Ergo International AG, a unit of German reinsurer Munich Re (MUV2.XE) and a part of Ergo Insurance Group AG (EVG2.XE), is looking at expanding into Southeast Asia next year, Chairman Jochen Messemer said Tuesday.

Due to a scarcity of potential acquisitions, the company would be relying mainly on organic growth to meet its target growth in sales, Messemer told Dow Jones Newswires.

"Southeast Asia, for us, is more a topic for 2010 than 2009," Messemer said. In that region, the company is studying how to enter Malaysia and Vietnam, he said.

"There's at least a base for starting business (in those countries) and the insurance penetration rate and the competition is not at such a high level.
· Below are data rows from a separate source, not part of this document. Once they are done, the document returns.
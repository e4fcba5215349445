ghost use Rattle.std.specs.Prelude.{◌≡◌, ◌<◌, ◌++◌, ◌^◌, IfOk, OnOk, length};
ghost use Rattle.ug_rules.specs.Ranks.{member_at, members_in};

use std::alloc::{AllocError, Global};
use ug_ranks::{Ranks, State};
use ug_rules::Member;

/// The ranks that work, with their last reports, rising.
pub fn members_of(alloc: Global, ranks: &Ranks) -> Result<Vec<Member>, AllocError>
    ensures members { IfOk result (λ members. members.items ≡ members_in ranks.now) }
    ensures count { length ranks.now < 2 ^ 32 }
{
    let count = ranks.as_slice().len();
    let mut members = Vec::with_capacity(alloc, count)?;
    for rank in 0..count as u32 {
        add_member(&mut members, rank, ranks.state(rank))?;
    }
    Ok(members)
}

// The rank is one of the members, if it works.
fn add_member(members: &mut Vec<Member>, rank: u32, state: &State) -> Result<(), AllocError>
    ensures { OnOk result (members.new.items ≡ members.old.items ++ member_at rank state.now) }
{
    if let State::Active(work) = state {
        members.push(Member {
            rank,
            open: work.open,
            floor: work.reported,
            collecting: work.asked != 0,
        })?;
    }
    Ok(())
}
So that makes a lot of opportunity when not too many have entered the markets yet," Messemer said.

Ergo International is present in more than 30 countries around the world, mostly in Europe and a few in Asia, including in India and South Korea.

In its expansion efforts, Ergo prefers to buy companies but would be open to joint-ventures and bancassurance deals, Messemer said.

He said that AIA, the Asian insurer being sold by American International Group Inc. (AIG), "is not a top priority" for Ergo.

Instead, Ergo is looking for targets that are more "medium sized," are "easier to integrate" and which could contribute around EUR300 million to EUR700 million in annual premiums, he said.

Messemer said the company is currently not in active talks to buy other companies.

But even if acquisitions don't materialize, the company will persevere in its sales from its ongoing businesses to meet a "doable but ambitious" target of raising annual premiums to EUR6 billion in 2012, up from EUR3.4 billion last year.

That translates to forming around a third of Ergo Insurance Group's expected annual premiums, up from last year's contribution of 20%.

This growth will be led by its best-performing markets like Poland, Austria, South Korea, Belgium and the Baltic region - places where the company is benefiting from a "flight to quality" as customers "have no problem in terms of the reputation of our brand," he said.

He said the company has for now avoided other markets like the U.S., South America and the Middle East because it wants to prioritize its expansion efforts in Asia and Eastern Europe, where the company currently feels more comfortable in.

For the rest of this year, he said Ergo International has "got its plate full" in looking for joint-venture partners in China and India.

In China, "we hope to announce by late summer, or latest by the end of this year, a partner to open a life insurance company," he said.